» Provided data
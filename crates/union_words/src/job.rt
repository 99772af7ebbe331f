//! What the words of the command line ask for.
ghost use Rattle.std.specs.Prelude.{◌≡◌};
ghost use Rattle.std.specs.Option.{option_copied, option_map};
ghost use Rattle.union_words.specs.Meanings.{job_meaning};
ghost use Rattle.union_words.specs.Words;

use crate::form::{Exporting, exporting_in};
use crate::libraries::Libraries;
use crate::library_file::{LibraryFile, is_path};
use crate::loading::Loading;
use crate::number::option_text;
use crate::options::Options;
use crate::trial::Trial;
use union_base::bytes::Bytes;

/// What the program is asked to do. A job borrows the words.
#[derive(Clone, Copy)]
pub enum Job<'a> {
    /// `check LIB=PATH`: check one file.
    Check(LibraryFile<'a>),
    /// `tojson LIB=PATH`: write the records of one file as MARC in JSON.
    ToJson(LibraryFile<'a>),
    /// `fromjson LIB=PATH`: write the records of one file of MARC in JSON as ISO 2709.
    FromJson(LibraryFile<'a>),
    /// `export [--workers=N] [--prefer=LIB,..] [--names=PATH] [--json] [--owners] LIB=PATH ..`: load and export.
    Export(Exporting, Loading<'a>),
    /// `works [--workers=N] [--prefer=LIB,..] [--names=PATH] LIB=PATH ..`: load and list the works.
    Works(Loading<'a>),
    /// `watch --ask=PATH [--workers=N] [--prefer=LIB,..] [--names=PATH] LIB=PATH ..`: load, and answer the questions of that file beside.
    Watch(&'a [u8], Loading<'a>),
    /// `follow --ask=PATH LIB=PATH ..`: load one library after the other, and answer the questions of that file beside.
    Follow(&'a [u8], Libraries<'a>),
    /// `script PATH`: run a script.
    Script(&'a [u8]),
    /// `trial SEED COUNT WORKERS`: generate records, load them and measure the catalogue.
    Trial(Trial),
    /// `--help`: tell the forms of words.
    Help,
    /// `--version`: tell the program's name and version.
    Version,
}

impl<'a> Job<'a> {
    /// What the words after the program's name ask for: None exactly where they are in no form that the program has. Takes no
    /// memory.
    pub fn read(words: &'a [Bytes]) -> Option<Job<'a>>
        ensures { option_map job_meaning result ≡ Words.job_of words.now }
    {
        match words {
            [] => None,
            [word] => lone_job(word.bytes()),
            [command, words @ ..] => command_job(command.bytes(), words),
        }
    }
}

/// What a word that stands alone asks for.
fn lone_job<'a>(word: &[u8]) -> Option<Job<'a>>
    ensures { option_map job_meaning result ≡ Words.lone_job word.now }
{
    if word == b"--help".as_slice() {
        Some(Job::Help)
    } else if word == b"--version".as_slice() {
        Some(Job::Version)
    } else {
        None
    }
}

/// What a command with words after it asks for.
fn command_job<'a>(command: &[u8], words: &'a [Bytes]) -> Option<Job<'a>>
    ensures { option_map job_meaning result ≡ Words.command_job command.now words.now }
{
    if command == b"check".as_slice() {
        check_job(words)
    } else if command == b"tojson".as_slice() {
        to_json_job(words)
    } else if command == b"fromjson".as_slice() {
        from_json_job(words)
    } else if command == b"export".as_slice() {
        export_job(words)
    } else if command == b"works".as_slice() {
        works_job(words)
    } else if command == b"watch".as_slice() {
        watch_job(words)
    } else if command == b"follow".as_slice() {
        follow_job(words)
    } else if command == b"script".as_slice() {
        script_job(words)
    } else if command == b"trial".as_slice() {
        trial_job(words)
    } else {
        None
    }
}

fn check_job(words: &[Bytes]) -> Option<Job<'_>>
    ensures { option_map job_meaning result ≡ Words.check_job words.now }
{
    match words {
        [word] => match LibraryFile::read(word.bytes()) {
            Some(file) => Some(Job::Check(file)),
            None => None,
        },
        _ => None,
    }
}

fn to_json_job(words: &[Bytes]) -> Option<Job<'_>>
    ensures { option_map job_meaning result ≡ Words.to_json_job words.now }
{
    match words {
        [word] => match LibraryFile::read(word.bytes()) {
            Some(file) => Some(Job::ToJson(file)),
            None => None,
        },
        _ => None,
    }
}

fn from_json_job(words: &[Bytes]) -> Option<Job<'_>>
    ensures { option_map job_meaning result ≡ Words.from_json_job words.now }
{
    match words {
        [word] => match LibraryFile::read(word.bytes()) {
            Some(file) => Some(Job::FromJson(file)),
            None => None,
        },
        _ => None,
    }
}

fn export_job(words: &[Bytes]) -> Option<Job<'_>>
    ensures { option_map job_meaning result ≡ Words.export_job words.now }
{
    let options = Options::read(words);
    let (exporting, rest) = exporting_in(options.rest);
    match Loading::read(options, rest) {
        Some(loading) => Some(Job::Export(exporting, loading)),
        None => None,
    }
}

fn works_job(words: &[Bytes]) -> Option<Job<'_>>
    ensures { option_map job_meaning result ≡ Words.works_job words.now }
{
    let options = Options::read(words);
    let libraries = options.rest;
    match Loading::read(options, libraries) {
        Some(loading) => Some(Job::Works(loading)),
        None => None,
    }
}

fn watch_job(words: &[Bytes]) -> Option<Job<'_>>
    ensures { option_map job_meaning result ≡ Words.watch_job words.now }
{
    match words {
        [word, words @ ..] => asking_job(ask_word(word.bytes())?, words),
        [] => None,
    }
}

/// What `watch` asks for with the file of questions of that path.
fn asking_job<'a>(asks: &'a [u8], words: &'a [Bytes]) -> Option<Job<'a>>
    ensures { option_map job_meaning result ≡ Words.asking_job (Some asks.now) words.now }
{
    let common = Options::read(words);
    let rest = common.rest;
    match Loading::read(common, rest) {
        Some(loading) => Some(Job::Watch(asks, loading)),
        None => None,
    }
}

fn follow_job(words: &[Bytes]) -> Option<Job<'_>>
    ensures { option_map job_meaning result ≡ Words.follow_job words.now }
{
    match words {
        [word, words @ ..] => following_job(ask_word(word.bytes())?, words),
        [] => None,
    }
}

/// What `follow` asks for with the file of questions of that path.
fn following_job<'a>(asks: &'a [u8], words: &'a [Bytes]) -> Option<Job<'a>>
    ensures { option_map job_meaning result ≡ Words.following_job (Some asks.now) words.now }
{
    match Libraries::read(words) {
        Some(libraries) => Some(Job::Follow(asks, libraries)),
        None => None,
    }
}

/// The path in a word `--ask=PATH`.
fn ask_word(word: &[u8]) -> Option<&[u8]>
    ensures { option_copied result ≡ Words.ask_word word.now }
{
    let path = option_text(b"--ask=", word)?;
    if is_path(path) { Some(path) } else { None }
}

fn script_job(words: &[Bytes]) -> Option<Job<'_>>
    ensures { option_map job_meaning result ≡ Words.script_job words.now }
{
    match words {
        [word] if is_path(word.bytes()) => Some(Job::Script(word.bytes())),
        _ => None,
    }
}

fn trial_job(words: &[Bytes]) -> Option<Job<'_>>
    ensures { option_map job_meaning result ≡ Words.trial_job words.now }
{
    match words {
        [seed, count, workers] => match Trial::read(seed.bytes(), count.bytes(), workers.bytes()) {
            Some(trial) => Some(Job::Trial(trial)),
            None => None,
        },
        _ => None,
    }
}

» Assignment
Without omitting anything, set down all the entries above again.

» Exercise solution
filename crates/union_words/src/job.rt
repository 99772af7ebbe331f
//! What the words of the command line ask for.
ghost use Rattle.std.specs.Prelude.{◌≡◌};
ghost use Rattle.std.specs.Option.{option_copied, option_map};
ghost use Rattle.union_words.specs.Meanings.{job_meaning};
ghost use Rattle.union_words.specs.Words;

use crate::form::{Exporting, exporting_in};
use crate::libraries::Libraries;
use crate::library_file::{LibraryFile, is_path};
use crate::loading::Loading;
use crate::number::option_text;
use crate::options::Options;
use crate::trial::Trial;
use union_base::bytes::Bytes;

/// What the program is asked to do. A job borrows the words.
#[derive(Clone, Copy)]
pub enum Job<'a> {
    /// `check LIB=PATH`: check one file.
    Check(LibraryFile<'a>),
    /// `tojson LIB=PATH`: write the records of one file as MARC in JSON.
    ToJson(LibraryFile<'a>),
    /// `fromjson LIB=PATH`: write the records of one file of MARC in JSON as ISO 2709.
    FromJson(LibraryFile<'a>),
    /// `export [--workers=N] [--prefer=LIB,..] [--names=PATH] [--json] [--owners] LIB=PATH ..`: load and export.
    Export(Exporting, Loading<'a>),
    /// `works [--workers=N] [--prefer=LIB,..] [--names=PATH] LIB=PATH ..`: load and list the works.
    Works(Loading<'a>),
    /// `watch --ask=PATH [--workers=N] [--prefer=LIB,..] [--names=PATH] LIB=PATH ..`: load, and answer the questions of that file beside.
    Watch(&'a [u8], Loading<'a>),
    /// `follow --ask=PATH LIB=PATH ..`: load one library after the other, and answer the questions of that file beside.
    Follow(&'a [u8], Libraries<'a>),
    /// `script PATH`: run a script.
    Script(&'a [u8]),
    /// `trial SEED COUNT WORKERS`: generate records, load them and measure the catalogue.
    Trial(Trial),
    /// `--help`: tell the forms of words.
    Help,
    /// `--version`: tell the program's name and version.
    Version,
}

impl<'a> Job<'a> {
    /// What the words after the program's name ask for: None exactly where they are in no form that the program has. Takes no
    /// memory.
    pub fn read(words: &'a [Bytes]) -> Option<Job<'a>>
        ensures { option_map job_meaning result ≡ Words.job_of words.now }
    {
        match words {
            [] => None,
            [word] => lone_job(word.bytes()),
            [command, words @ ..] => command_job(command.bytes(), words),
        }
    }
}

/// What a word that stands alone asks for.
fn lone_job<'a>(word: &[u8]) -> Option<Job<'a>>
    ensures { option_map job_meaning result ≡ Words.lone_job word.now }
{
    if word == b"--help".as_slice() {
        Some(Job::Help)
    } else if word == b"--version".as_slice() {
        Some(Job::Version)
    } else {
        None
    }
}

/// What a command with words after it asks for.
fn command_job<'a>(command: &[u8], words: &'a [Bytes]) -> Option<Job<'a>>
    ensures { option_map job_meaning result ≡ Words.command_job command.now words.now }
{
    if command == b"check".as_slice() {
        check_job(words)
    } else if command == b"tojson".as_slice() {
        to_json_job(words)
    } else if command == b"fromjson".as_slice() {
        from_json_job(words)
    } else if command == b"export".as_slice() {
        export_job(words)
    } else if command == b"works".as_slice() {
        works_job(words)
    } else if command == b"watch".as_slice() {
        watch_job(words)
    } else if command == b"follow".as_slice() {
        follow_job(words)
    } else if command == b"script".as_slice() {
        script_job(words)
    } else if command == b"trial".as_slice() {
        trial_job(words)
    } else {
        None
    }
}

fn check_job(words: &[Bytes]) -> Option<Job<'_>>
    ensures { option_map job_meaning result ≡ Words.check_job words.now }
{
    match words {
        [word] => match LibraryFile::read(word.bytes()) {
            Some(file) => Some(Job::Check(file)),
            None => None,
        },
        _ => None,
    }
}

fn to_json_job(words: &[Bytes]) -> Option<Job<'_>>
    ensures { option_map job_meaning result ≡ Words.to_json_job words.now }
{
    match words {
        [word] => match LibraryFile::read(word.bytes()) {
            Some(file) => Some(Job::ToJson(file)),
            None => None,
        },
        _ => None,
    }
}

fn from_json_job(words: &[Bytes]) -> Option<Job<'_>>
    ensures { option_map job_meaning result ≡ Words.from_json_job words.now }
{
    match words {
        [word] => match LibraryFile::read(word.bytes()) {
            Some(file) => Some(Job::FromJson(file)),
            None => None,
        },
        _ => None,
    }
}

fn export_job(words: &[Bytes]) -> Option<Job<'_>>
    ensures { option_map job_meaning result ≡ Words.export_job words.now }
{
    let options = Options::read(words);
    let (exporting, rest) = exporting_in(options.rest);
    match Loading::read(options, rest) {
        Some(loading) => Some(Job::Export(exporting, loading)),
        None => None,
    }
}

fn works_job(words: &[Bytes]) -> Option<Job<'_>>
    ensures { option_map job_meaning result ≡ Words.works_job words.now }
{
    let options = Options::read(words);
    let libraries = options.rest;
    match Loading::read(options, libraries) {
        Some(loading) => Some(Job::Works(loading)),
        None => None,
    }
}

fn watch_job(words: &[Bytes]) -> Option<Job<'_>>
    ensures { option_map job_meaning result ≡ Words.watch_job words.now }
{
    match words {
        [word, words @ ..] => asking_job(ask_word(word.bytes())?, words),
        [] => None,
    }
}

/// What `watch` asks for with the file of questions of that path.
fn asking_job<'a>(asks: &'a [u8], words: &'a [Bytes]) -> Option<Job<'a>>
    ensures { option_map job_meaning result ≡ Words.asking_job (Some asks.now) words.now }
{
    let common = Options::read(words);
    let rest = common.rest;
    match Loading::read(common, rest) {
        Some(loading) => Some(Job::Watch(asks, loading)),
        None => None,
    }
}

fn follow_job(words: &[Bytes]) -> Option<Job<'_>>
    ensures { option_map job_meaning result ≡ Words.follow_job words.now }
{
    match words {
        [word, words @ ..] => following_job(ask_word(word.bytes())?, words),
        [] => None,
    }
}

/// What `follow` asks for with the file of questions of that path.
fn following_job<'a>(asks: &'a [u8], words: &'a [Bytes]) -> Option<Job<'a>>
    ensures { option_map job_meaning result ≡ Words.following_job (Some asks.now) words.now }
{
    match Libraries::read(words) {
        Some(libraries) => Some(Job::Follow(asks, libraries)),
        None => None,
    }
}

/// The path in a word `--ask=PATH`.
fn ask_word(word: &[u8]) -> Option<&[u8]>
    ensures { option_copied result ≡ Words.ask_word word.now }
{
    let path = option_text(b"--ask=", word)?;
    if is_path(path) { Some(path) } else { None }
}

fn script_job(words: &[Bytes]) -> Option<Job<'_>>
    ensures { option_map job_meaning result ≡ Words.script_job words.now }
{
    match words {
        [word] if is_path(word.bytes()) => Some(Job::Script(word.bytes())),
        _ => None,
    }
}

fn trial_job(words: &[Bytes]) -> Option<Job<'_>>
    ensures { option_map job_meaning result ≡ Words.trial_job words.now }
{
    match words {
        [seed, count, workers] => match Trial::read(seed.bytes(), count.bytes(), workers.bytes()) {
            Some(trial) => Some(Job::Trial(trial)),
            None => None,
        },
        _ => None,
    }
}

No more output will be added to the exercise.